WHAT IS EXPECTED> Nothing but the data itself, reproduced exactly, is the expected answer.

RECORDS>

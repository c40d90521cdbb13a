// What each case of a reading is to a host: its number, and the values that it carries.
#![tactic(auto)]

ghost use Rattle.std.specs.Prelude.{◌≡◌};
ghost use Rattle.value_readings.specs.Reading.{number_of, whole_of, power_of, double_of};

use value_readings::Value;

// 0 missing, 1 whole, 2 decimal, 3 infinite, 4 not a number, 5 long decimal, 6 text.
pub fn number_of(value: Value) -> u32
    ensures { result ≡ number_of value }
{
    match value {
        Value::Missing => 0,
        Value::Whole(_) => 1,
        Value::Decimal { .. } => 2,
        Value::Infinite => 3,
        Value::NotANumber => 4,
        Value::LongDecimal => 5,
        Value::Text => 6,
    }
}

// The value of a whole, the signed numerals of a decimal, 0 for any other.
pub fn whole_of(value: Value) -> i64
    ensures { result ≡ whole_of value }
{
    match value {
        Value::Whole(n) => n,
        Value::Decimal { numerals, .. } => numerals,
        _ => 0,
    }
}

// The power of ten of a decimal, 0 for any other.
pub fn power_of(value: Value) -> i32
    ensures { result ≡ power_of value }
{
    match value {
        Value::Decimal { power, .. } => power,
        _ => 0,
    }
}

// The double of a decimal, 0.0 for any other.
pub fn double_of(value: Value) -> f64
    ensures { result ≡ double_of value }
{
    match value {
        Value::Decimal { double, .. } => double,
        _ => 0.0,
    }
}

SOLUTION FOR THIS EXERCISE>
repository c40d90521cdbb13a
// What each case of a reading is to a host: its number, and the values that it carries.
#![tactic(auto)]

ghost use Rattle.std.specs.Prelude.{◌≡◌};
ghost use Rattle.value_readings.specs.Reading.{number_of, whole_of, power_of, double_of};

use value_readings::Value;

// 0 missing, 1 whole, 2 decimal, 3 infinite, 4 not a number, 5 long decimal, 6 text.
pub fn number_of(value: Value) -> u32
    ensures { result ≡ number_of value }
{
    match value {
        Value::Missing => 0,
        Value::Whole(_) => 1,
        Value::Decimal { .. } => 2,
        Value::Infinite => 3,
        Value::NotANumber => 4,
        Value::LongDecimal => 5,
        Value::Text => 6,
    }
}

// The value of a whole, the signed numerals of a decimal, 0 for any other.
pub fn whole_of(value: Value) -> i64
    ensures { result ≡ whole_of value }
{
    match value {
        Value::Whole(n) => n,
        Value::Decimal { numerals, .. } => numerals,
        _ => 0,
    }
}

// The power of ten of a decimal, 0 for any other.
pub fn power_of(value: Value) -> i32
    ensures { result ≡ power_of value }
{
    match value {
        Value::Decimal { power, .. } => power,
        _ => 0,
    }
}

// The double of a decimal, 0.0 for any other.
pub fn double_of(value: Value) -> f64
    ensures { result ≡ double_of value }
{
    match value {
        Value::Decimal { double, .. } => double,
        _ => 0.0,
    }
}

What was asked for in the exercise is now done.